Ainda no decorrer daquele ano de 1931, em 10 de Dezembro, foi constituído, junto dos Serviços de Instrução Pública, um organismo designado por Conselho Administrativo, que teria o encargo de gerir os fundos especiais arrecadados ao abrigo das diversas disposições legais em vigor neste território. Seria formado pelo inspector escolar de Luanda, pelo director de uma das escolas primárias da mesma cidade, expressamente nomeado para tal cargo, e ainda por outro professor de instrução primária de nomeação definitiva; o primeiro exerceria as funções de presidente, o segundo seria o secretário e o terceiro ficaria como tesoureiro. Aceita-se, em princípio, que este deveria estar colocado também em Luanda, embora o diploma não seja explícito neste ponto, assim como não sabemos se era nomeado ou escolhido pelos seus colegas, sendo mais provável a primeira hipótese.
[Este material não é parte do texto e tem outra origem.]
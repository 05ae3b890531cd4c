//! The reached part of a profile.
ghost use Rattle.std.specs.Prelude.{◌≡◌, ◌↔◌, IsTrue};
ghost use Rattle.bus_legal.specs.Tables.{tables_say};
ghost use Rattle.bus_legal.specs.Parts.{parts_of, IsNormal};

use crate::legality::Legality;
use crate::setup::Setup;
use crate::tables::Tables;
use bus_word::Cell;
pub use reached::normalise;

mod reached;

use std::marker::Model;

/// What of a profile any bus controller can reach: a set-up and the masks of the legal cells, with
/// nothing in them that can't be reached. A contract sees these parts.
#[derive(Clone, Copy, PartialEq, Eq, Debug)]
pub struct Normal {
    setup: Setup,
    tables: Tables,
}

impl Model for Normal {
    ghost use Rattle.bus_legal.specs.Parts.{Parts, parts_of, IsNormal};

    ghost Value = { Parts };

    ghost use Rattle.bus_legal.specs.inner.NormalView.{inside_of, inside_again};

    ghost view = { λ normal. parts_of normal.setup normal.tables };

    ghost invariant = { λ normal. IsNormal (parts_of normal.setup normal.tables) };

    ghost inverse = { inside_of };

    ghost inverse_ok = { inside_again };
}

impl Normal {
    /// The `Normal` of this set-up and these tables, in which nothing is that can't be reached.
    pub fn of(setup: Setup, tables: Tables) -> Normal
        requires { IsNormal (parts_of setup tables) }
        ensures { result ≡ parts_of setup tables }
    {
        Normal { setup, tables }
    }

    /// The set-up. With these parts of a `Normal` go the laws of `laws`.
    pub fn setup(&self) -> Setup
        ensures parts { parts_of result self.now.tables ≡ self.now }
        ensures normal { IsNormal self.now }
    {
        self.setup
    }

    /// The address, 0 to 30.
    pub fn address(&self) -> u8
        ensures { result ≡ self.now.address }
    {
        self.setup.address
    }

    /// The broadcast option.
    pub fn broadcast(&self) -> bool
        ensures { result ≡ self.now.broadcast }
    {
        self.setup.broadcast
    }

    /// The wraparound subaddress, 1 to 30, at which words that are received replace those held there; 0
    /// where there is none.
    pub fn wrap(&self) -> u8
        ensures { result ≡ self.now.wrap }
    {
        self.setup.wrap
    }

    /// Whether dynamic bus control is accepted.
    pub fn accept(&self) -> bool
        ensures { result ≡ self.now.accept }
    {
        self.setup.accept
    }

    /// The vector word.
    pub fn vector(&self) -> u16
        ensures { result ≡ self.now.vector }
    {
        self.setup.vector
    }

    /// The BIT word.
    pub fn bit(&self) -> u16
        ensures { result ≡ self.now.bit }
    {
        self.setup.bit
    }

    /// The words held: `initial()[s - 1][i - 1]` is number `i` of subaddress `s`.
    pub fn initial(&self) -> &[[u16; 32]; 30]
        ensures { result.now ≡ self.now.initial }
    {
        &self.setup.initial
    }

    /// The masks of the legal cells.
    pub fn tables(&self) -> &Tables
        ensures { result.now ≡ self.now.tables }
    {
        &self.tables
    }

    /// Whether the two are the same in every part.
    pub fn is_same(&self, other: &Normal) -> bool
        ensures { IsTrue result ↔ (self.now ≡ other.now) }
    {
        self.setup == other.setup && self.tables == other.tables
    }
}

impl Legality for Normal {
    ghost is_legal = { λ normal. tables_say normal.tables };

    #[inline(always)]
    fn legal(&self, cell: Cell) -> bool {
        self.tables.legal(cell)
    }
}
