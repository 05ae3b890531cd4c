//! How a terminal is set up at power-up.
ghost use Rattle.std.specs.Prelude.{◌≤◌};

/// How a terminal is set up at power-up, apart from what is legal.
#[derive(Clone, Copy, PartialEq, Eq, Debug)]
pub struct Setup {
    /// The terminal's address, 0 to 30.
    pub address: u8,
    /// The broadcast option: whether the terminal hears commands to address 31.
    pub broadcast: bool,
    /// The wraparound subaddress, 1 to 30, at which words that are received replace those held there; 0
    /// where there is none.
    pub wrap: u8,
    /// Whether the terminal accepts dynamic bus control.
    pub accept: bool,
    /// The vector word.
    pub vector: u16,
    /// The BIT word.
    pub bit: u16,
    /// The words held: `initial[s - 1][i - 1]` is number `i` of subaddress `s`.
    pub initial: [[u16; 32]; 30],
    ghost own_address: { address ≤ 30 },
    ghost own_wrap: { wrap ≤ 30 },
}
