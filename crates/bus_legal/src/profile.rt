//! What a profile is.
ghost use Rattle.std.specs.Prelude.{◌≤◌, IsTrue, length};
ghost use Rattle.bus_legal.specs.OwnCodes.{has_required_codes};

use crate::entries::{Entries, InitialWords, ModeRule, Rule};

/// What sets a remote terminal up.
#[derive(Debug, Drop)]
pub struct Profile {
    /// The terminal's address, 0 to 30.
    pub address: u8,
    /// The broadcast option: whether the terminal hears commands to address 31.
    pub broadcast: bool,
    /// The wraparound subaddress, 1 to 30, at which words that are received replace those held there; 0 where
    /// there is none.
    pub wrap: u8,
    /// Whether the terminal accepts dynamic bus control.
    pub accept: bool,
    /// The vector word at power-up.
    pub vector: u16,
    /// The BIT word at power-up.
    pub bit: u16,
    /// At most 256.
    pub rules: Entries<Rule>,
    /// At most 256.
    pub modes: Entries<ModeRule>,
    /// At most 256.
    pub initials: Entries<InitialWords>,
    ghost own_address: { address ≤ 30 },
    ghost own_wrap: { wrap ≤ 30 },
    ghost few_rules: { length rules ≤ 256 },
    ghost few_modes: { length modes ≤ 256 },
    ghost few_initials: { length initials ≤ 256 },
    // The own mode codes that must be legal are.
    ghost required_codes: { IsTrue (has_required_codes modes) },
}
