//! Who can be asked whether a cell is legal.
ghost use Rattle.std.specs.Prelude.{◌≡◌};

use bus_word::Cell;

/// What answers whether a cell is legal, without error and without taking memory.
pub trait Legality {
    ghost use Rattle.bus_word.specs.declared.cell.Cell.{Cell};
    ghost use Rattle.std.specs.Prelude.{Bool};

    /// The cells that are legal.
    ghost is_legal: { Self → Cell → Bool };

    /// Whether the cell is legal.
    fn legal(&self, cell: Cell) -> bool
        ensures { result ≡ is_legal self.now cell };
}
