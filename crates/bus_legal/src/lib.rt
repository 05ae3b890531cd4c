//! What a profile is, apart from the text that it is read from, and what it means: which cells are legal, how the terminal is set up at
//! power-up, and what of all that any bus controller can reach.
#![tactic(auto)]

mod entries;
mod initial;
pub mod laws;
mod legality;
mod masks;
mod normal;
mod numbers;
mod profile;
mod rule_list;
mod setup;
mod tables;

pub use entries::{Entries, InitialWords, ModeRule, Rule};
pub use initial::setup_of;
pub use legality::Legality;
pub use masks::largest_count;
pub use normal::{Normal, normalise};
pub use numbers::Numbers;
pub use profile::Profile;
pub use rule_list::RuleList;
pub use setup::Setup;
pub use tables::{BROADCAST_CODES, OWN_CODES, REQUIRED_CODES, Tables};
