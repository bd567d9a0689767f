//! The words that a program is started with.
ghost use Rattle.std.specs.Prelude.{◌≡◌};
ghost use Rattle.std.specs.Process.{exit_status};

use std::env::{self, Env, FillError};
use std::io::ErrorKind;
use std::process::ExitCode;

/// The status of a command line that is refused.
const REFUSED_STATUS: u8 = 2;

/// Why a program's words aren't read.
#[derive(Clone, Copy, PartialEq, Eq, Debug)]
pub enum WordsFault {
    /// One of them isn't UTF-8.
    NotUtf8,
    /// Memory ran out.
    Memory,
}

/// An environment whose words begin after the program's name, which need not be UTF-8.
#[derive(Drop)]
struct AfterName<'a>(&'a HostRuntime);

impl Env for AfterName<'_> {
    fn arg(&self, i: usize, buf: &mut [u8]) -> Result<usize, FillError> {
        self.0.arg(i.saturating_add(1), buf)
    }

    fn var(&self, name: &str, buf: &mut [u8]) -> Result<usize, FillError> {
        self.0.var(name, buf)
    }

    fn var_at(&self, i: usize, buf: &mut [u8]) -> Result<usize, FillError> {
        self.0.var_at(i, buf)
    }
}

/// Reads the program's words, without its name.
pub fn read_program_words(rt: &HostRuntime) -> Result<Vec<String>, WordsFault> {
    match env::args(&(AfterName(rt), rt.alloc())) {
        Ok(words) => match words.collect(rt.alloc()) {
            Ok(words) => Ok(words),
            Err(_) => Err(WordsFault::Memory),
        },
        Err(error) if error.kind() == ErrorKind::OutOfMemory => Err(WordsFault::Memory),
        Err(_) => Err(WordsFault::NotUtf8),
    }
}

/// Prints why the words are refused, and gives the exit status.
pub fn print_refusal(rt: &HostRuntime, why: &str) -> ExitCode
    ensures { exit_status result ≡ 2 }
{
    let _ = eprint!(rt; "command line\n{why}");
    ExitCode::from(REFUSED_STATUS)
}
Em 13 de Julho de 1932, foi regulada a forma de provimento do lugar de chefe da Repartição dos Serviços de Instrução Pública, que substituiu a Direcção dos Serviços de Instrução, pouco antes extinta, por diploma de 28 de Junho do mesmo ano. Aquele organismo ficava integrado na Direcção dos Serviços da Administração Civil. As alterações verificadas vêm reforçar o que atrás dissemos acerca da frequência das modificações estruturais dos serviços públicos, com a correspondente nocividade dos resultados das actividades burocráticas no processo de desenvolvimento cultural e difusão da escolaridade.
Admitia-se que o cargo fosse objecto de provimento vitalício, determinando-se que só poderiam ser escolhidos indivíduos com a necessária competência, anteriormente demonstrada no exercício do magistério primário, durante pelo menos cinco anos; esclarecia-se que poderiam ser nomeados também os inspectores do ensino primário ou os professores do ensino secundário.
Continuou a registar-se, pelo menos em hipótese, o desfasamento que já anteriormente se verificava, exercendo o cargo de chefe dos Serviços de Instrução um professor do ensino primário elementar que tinha como subordinados os professores do ensino liceal e até os próprios reitores dos liceus. Desta vez foi nomeado, com carácter transitório, o ex-director da Escola Normal Rural de Teixeira da Silva, que não funcionava por determinação do governador-geral e, por isso, aquele agente do ensino podia ser empregado em lugar de relevo, que não deixaria de ser cobiçado por muitos professores! Este diploma é o primeiro de uma série assinada e publicada em Luanda pelo ministro Armindo Rodrigues Monteiro; saiu com a data de 13 de Junho, por lapso tipográfico bem evidente.
Na mesma data de 13 de Julho de 1932, foi estabelecida a constituição do Conselho de Instrução Pública, de que faziam parte:
—Director dos Serviços de Administração Civil,
que seria o presidente;
—Reitor do Liceu Salvador Correia;
—Inspector da Primeira Zona Escolar;
—Dois vogais, livremente escolhidos pelo governador.
Não deixará de reparar-se no pormenor de não estarem directamente representados os professores, pois os dois vogais eram de livre escolha e, por conseguinte, poderiam não ser membros da classe docente, primária ou liceal. O exercício do Conselho de Instrução Pública era gratuito e os seus componentes deveriam reunir-se pelo menos uma vez por mês.
A Reorganização do Ensino Primário, que tem a data de 8 de Fevereiro de 1933, determinava que o ano escolar começasse, em Angola, no dia 16 de Março e terminasse em 30 de Janeiro, alterando o que havia sido estabelecido em 16 de Abril de 1927. O ano lectivo começaria na primeira segunda-feira de Abril e terminaria em 23 de Dezembro. As quintas-feiras seriam destinadas a actividades circum-escolares de interesse educativo. Não se fazia menção do Natal nem do Carnaval. Os exames efectuavam-se no decorrer do mês de Janeiro. As matrículas eram feitas na segunda quinzena de Março.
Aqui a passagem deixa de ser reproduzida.